DATA RECORDS:
----------

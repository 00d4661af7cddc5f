ghost use Rattle.std.specs.Prelude.{◌≡◌, ℕ, Option, List, option_map, string_bytes};
ghost use Rattle.serde_json.specs.Data.{Data};
ghost use Rattle.serde_json.specs.View.{view, items_view, members_view};
ghost use Rattle.json_tree.specs.Checked.{Checked, Gives, with_last};
ghost use Rattle.json_tree.specs.Leaf.{text_of, whole_of, items_by, members_by, optional_list, optional_object};

use crate::fault::{Fault, at, both, under};
use crate::path::{Path, Step};
use serde_json::{Map, Value};
use skopeo_outside::{Many, Text};
use std::alloc::Global;

/// A text.
pub fn read_text(alloc: Global, value: Option<&Value>) -> Result<Text, Fault>
    ensures { Gives result (text_of (option_map (λ v. view v.now) value.entry)) }
{
    match value {
        Some(Value::String(text)) => Ok(Text::copy_of(alloc, text.as_str())?),
        _ => Err(Fault::Member(Path::root(alloc))),
    }
}

const LIMIT: u64 = 9_223_372_036_854_775_808;

/// A whole number below 2 ^ 63.
pub fn read_whole(alloc: Global, value: Option<&Value>) -> Result<u64, Fault>
    ensures { Gives result (whole_of (option_map (λ v. view v.now) value.entry)) }
{
    match value.and_then(Value::as_u64) {
        Some(n) if n < LIMIT => Ok(n),
        _ => Err(Fault::Member(Path::root(alloc))),
    }
}

/// The list with one more item at its end, or the nearer fault.
pub fn push<A: Drop>(all: Result<Many<A>, Fault>, one: Result<A, Fault>) -> Result<Many<A>, Fault>
    ensures { (x : Checked (List A)) (y : Checked A) → Gives all x → Gives one y → Gives result (with_last x y) }
{
    let (mut all, one) = both(all, one)?;
    all.push(one)?;
    Ok(all)
}

/// Each item by a function, the first at place 0.
pub fn read_items<A: Drop, F: Fn(Option<&Value>) -> Result<A, Fault>>(
    alloc: Global,
    items: &[Value],
    read: F,
) -> Result<Many<A>, Fault>
    requires { F.IsAlwaysCallable read }
    ensures { (f : Option Data → Checked A)
        → ((v : _) (r : _) → F.post read v r → Gives r (f (option_map (λ v. view v.now) v)))
        → Gives result (items_by f 0 (items_view items.now)) }
{
    let mut all = Ok(Many::new(alloc));
    for (place, item) in items.iter().enumerate() {
        all = push(all, under(Step::Place(place), read(Some(item))));
    }
    all
}

/// Each member by a function of its name and value.
pub fn read_members<A: Drop, F: Fn(&String, Option<&Value>) -> Result<A, Fault>>(
    alloc: Global,
    members: &Map<String, Value>,
    read: F,
) -> Result<Many<A>, Fault>
    requires { F.IsAlwaysCallable read }
    ensures { (f : List ℕ → Option Data → Checked A)
        → ((k : _) (v : _) (r : _) → F.post read k v r
        → Gives r (f (string_bytes k.now) (option_map (λ v. view v.now) v)))
        → Gives result (members_by f (members_view members.now.entries)) }
{
    let mut all = Ok(Many::new(alloc));
    for (name, value) in members {
        all = push(all, at(alloc, name.as_str(), read(name, Some(value))));
    }
    all
}

/// A list, which may be absent or null.
pub fn read_optional_list<A: Drop, F: Fn(Option<&Value>) -> Result<A, Fault>>(
    alloc: Global,
    value: Option<&Value>,
    read: F,
) -> Result<Many<A>, Fault>
    requires { F.IsAlwaysCallable read }
    ensures { (f : Option Data → Checked A)
        → ((v : _) (r : _) → F.post read v r → Gives r (f (option_map (λ v. view v.now) v)))
        → Gives result (optional_list f (option_map (λ v. view v.now) value.entry)) }
{
    match value {
        None => Ok(Many::new(alloc)),
        Some(Value::Null) => Ok(Many::new(alloc)),
        Some(Value::Array(items)) => read_items(alloc, items.as_slice(), read),
        _ => Err(Fault::Member(Path::root(alloc))),
    }
}

/// An object, which may be absent or null.
pub fn read_optional_object<A: Drop, F: Fn(&String, Option<&Value>) -> Result<A, Fault>>(
    alloc: Global,
    value: Option<&Value>,
    read: F,
) -> Result<Many<A>, Fault>
    requires { F.IsAlwaysCallable read }
    ensures { (f : List ℕ → Option Data → Checked A)
        → ((k : _) (v : _) (r : _) → F.post read k v r
        → Gives r (f (string_bytes k.now) (option_map (λ v. view v.now) v)))
        → Gives result (optional_object f (option_map (λ v. view v.now) value.entry)) }
{
    let Some(value) = value else {
        return Ok(Many::new(alloc));
    };
    match value {
        Value::Null => Ok(Many::new(alloc)),
        Value::Object(members) => read_members(alloc, members, read),
        _ => Err(Fault::Member(Path::root(alloc))),
    }
}
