// What a line is, and what stands after its name.
ghost use Rattle.std.specs.Prelude.{◌≡◌};
ghost use Rattle.desk.specs.Lines.{name_of, rest_of, Names, Parted};

// A setting, or a word to price.
#[derive(Clone, Copy)]
pub(super) enum Kind {
    Flat,
    Table,
    Marks,
    Shifts,
    Word,
}

// What a name names.
impl From<&str> for Kind {
    ghost from_gives = { λ name kind. Names kind name.now };

    fn from(name: &str) -> Kind {
        match name {
            "flat" => Kind::Flat,
            "table" => Kind::Table,
            "marks" => Kind::Marks,
            "shifts" => Kind::Shifts,
            _ => Kind::Word,
        }
    }
}

// The name before the first blank of a text, and what comes after that blank.
fn cut(text: &str) -> (&str, &str)
    ensures name { result.0.now ≡ name_of text.now }
    ensures rest { result.1.now ≡ rest_of text.now }
{
    text.split_once(' ').unwrap_or((text, ""))
}

// What a line is, and what stands after its name; a line that is no text is no setting.
pub(super) fn parted(line: &[u8]) -> (Kind, &str)
    ensures { Parted line.now result.0 result.1.now }
{
    let Ok(text) = std::str::from_utf8(line) else {
        return (Kind::Word, "");
    };
    let (name, rest) = cut(text);
    (Kind::from(name), rest)
}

----------

DIRECTIONS: Output the listing once more. Leave each word as it stands.

EXERCISE RESULT:
repository 00d4661af7cddc5f
ghost use Rattle.std.specs.Prelude.{◌≡◌, ℕ, Option, List, option_map, string_bytes};
ghost use Rattle.serde_json.specs.Data.{Data};
ghost use Rattle.serde_json.specs.View.{view, items_view, members_view};
ghost use Rattle.json_tree.specs.Checked.{Checked, Gives, with_last};
ghost use Rattle.json_tree.specs.Leaf.{text_of, whole_of, items_by, members_by, optional_list, optional_object};

use crate::fault::{Fault, at, both, under};
use crate::path::{Path, Step};
use serde_json::{Map, Value};
use skopeo_outside::{Many, Text};
use std::alloc::Global;

/// A text.
pub fn read_text(alloc: Global, value: Option<&Value>) -> Result<Text, Fault>
    ensures { Gives result (text_of (option_map (λ v. view v.now) value.entry)) }
{
    match value {
        Some(Value::String(text)) => Ok(Text::copy_of(alloc, text.as_str())?),
        _ => Err(Fault::Member(Path::root(alloc))),
    }
}

const LIMIT: u64 = 9_223_372_036_854_775_808;

/// A whole number below 2 ^ 63.
pub fn read_whole(alloc: Global, value: Option<&Value>) -> Result<u64, Fault>
    ensures { Gives result (whole_of (option_map (λ v. view v.now) value.entry)) }
{
    match value.and_then(Value::as_u64) {
        Some(n) if n < LIMIT => Ok(n),
        _ => Err(Fault::Member(Path::root(alloc))),
    }
}

/// The list with one more item at its end, or the nearer fault.
pub fn push<A: Drop>(all: Result<Many<A>, Fault>, one: Result<A, Fault>) -> Result<Many<A>, Fault>
    ensures { (x : Checked (List A)) (y : Checked A) → Gives all x → Gives one y → Gives result (with_last x y) }
{
    let (mut all, one) = both(all, one)?;
    all.push(one)?;
    Ok(all)
}

/// Each item by a function, the first at place 0.
pub fn read_items<A: Drop, F: Fn(Option<&Value>) -> Result<A, Fault>>(
    alloc: Global,
    items: &[Value],
    read: F,
) -> Result<Many<A>, Fault>
    requires { F.IsAlwaysCallable read }
    ensures { (f : Option Data → Checked A)
        → ((v : _) (r : _) → F.post read v r → Gives r (f (option_map (λ v. view v.now) v)))
        → Gives result (items_by f 0 (items_view items.now)) }
{
    let mut all = Ok(Many::new(alloc));
    for (place, item) in items.iter().enumerate() {
        all = push(all, under(Step::Place(place), read(Some(item))));
    }
    all
}

/// Each member by a function of its name and value.
pub fn read_members<A: Drop, F: Fn(&String, Option<&Value>) -> Result<A, Fault>>(
    alloc: Global,
    members: &Map<String, Value>,
    read: F,
) -> Result<Many<A>, Fault>
    requires { F.IsAlwaysCallable read }
    ensures { (f : List ℕ → Option Data → Checked A)
        → ((k : _) (v : _) (r : _) → F.post read k v r
        → Gives r (f (string_bytes k.now) (option_map (λ v. view v.now) v)))
        → Gives result (members_by f (members_view members.now.entries)) }
{
    let mut all = Ok(Many::new(alloc));
    for (name, value) in members {
        all = push(all, at(alloc, name.as_str(), read(name, Some(value))));
    }
    all
}

/// A list, which may be absent or null.
pub fn read_optional_list<A: Drop, F: Fn(Option<&Value>) -> Result<A, Fault>>(
    alloc: Global,
    value: Option<&Value>,
    read: F,
) -> Result<Many<A>, Fault>
    requires { F.IsAlwaysCallable read }
    ensures { (f : Option Data → Checked A)
        → ((v : _) (r : _) → F.post read v r → Gives r (f (option_map (λ v. view v.now) v)))
        → Gives result (optional_list f (option_map (λ v. view v.now) value.entry)) }
{
    match value {
        None => Ok(Many::new(alloc)),
        Some(Value::Null) => Ok(Many::new(alloc)),
        Some(Value::Array(items)) => read_items(alloc, items.as_slice(), read),
        _ => Err(Fault::Member(Path::root(alloc))),
    }
}

/// An object, which may be absent or null.
pub fn read_optional_object<A: Drop, F: Fn(&String, Option<&Value>) -> Result<A, Fault>>(
    alloc: Global,
    value: Option<&Value>,
    read: F,
) -> Result<Many<A>, Fault>
    requires { F.IsAlwaysCallable read }
    ensures { (f : List ℕ → Option Data → Checked A)
        → ((k : _) (v : _) (r : _) → F.post read k v r
        → Gives r (f (string_bytes k.now) (option_map (λ v. view v.now) v)))
        → Gives result (optional_object f (option_map (λ v. view v.now) value.entry)) }
{
    let Some(value) = value else {
        return Ok(Many::new(alloc));
    };
    match value {
        Value::Null => Ok(Many::new(alloc)),
        Value::Object(members) => read_members(alloc, members, read),
        _ => Err(Fault::Member(Path::root(alloc))),
    }
}
// What a line is, and what stands after its name.
ghost use Rattle.std.specs.Prelude.{◌≡◌};
ghost use Rattle.desk.specs.Lines.{name_of, rest_of, Names, Parted};

// A setting, or a word to price.
#[derive(Clone, Copy)]
pub(super) enum Kind {
    Flat,
    Table,
    Marks,
    Shifts,
    Word,
}

// What a name names.
impl From<&str> for Kind {
    ghost from_gives = { λ name kind. Names kind name.now };

    fn from(name: &str) -> Kind {
        match name {
            "flat" => Kind::Flat,
            "table" => Kind::Table,
            "marks" => Kind::Marks,
            "shifts" => Kind::Shifts,
            _ => Kind::Word,
        }
    }
}

// The name before the first blank of a text, and what comes after that blank.
fn cut(text: &str) -> (&str, &str)
    ensures name { result.0.now ≡ name_of text.now }
    ensures rest { result.1.now ≡ rest_of text.now }
{
    text.split_once(' ').unwrap_or((text, ""))
}

// What a line is, and what stands after its name; a line that is no text is no setting.
pub(super) fn parted(line: &[u8]) -> (Kind, &str)
    ensures { Parted line.now result.0 result.1.now }
{
    let Ok(text) = std::str::from_utf8(line) else {
        return (Kind::Word, "");
    };
    let (name, rest) = cut(text);
    (Kind::from(name), rest)
}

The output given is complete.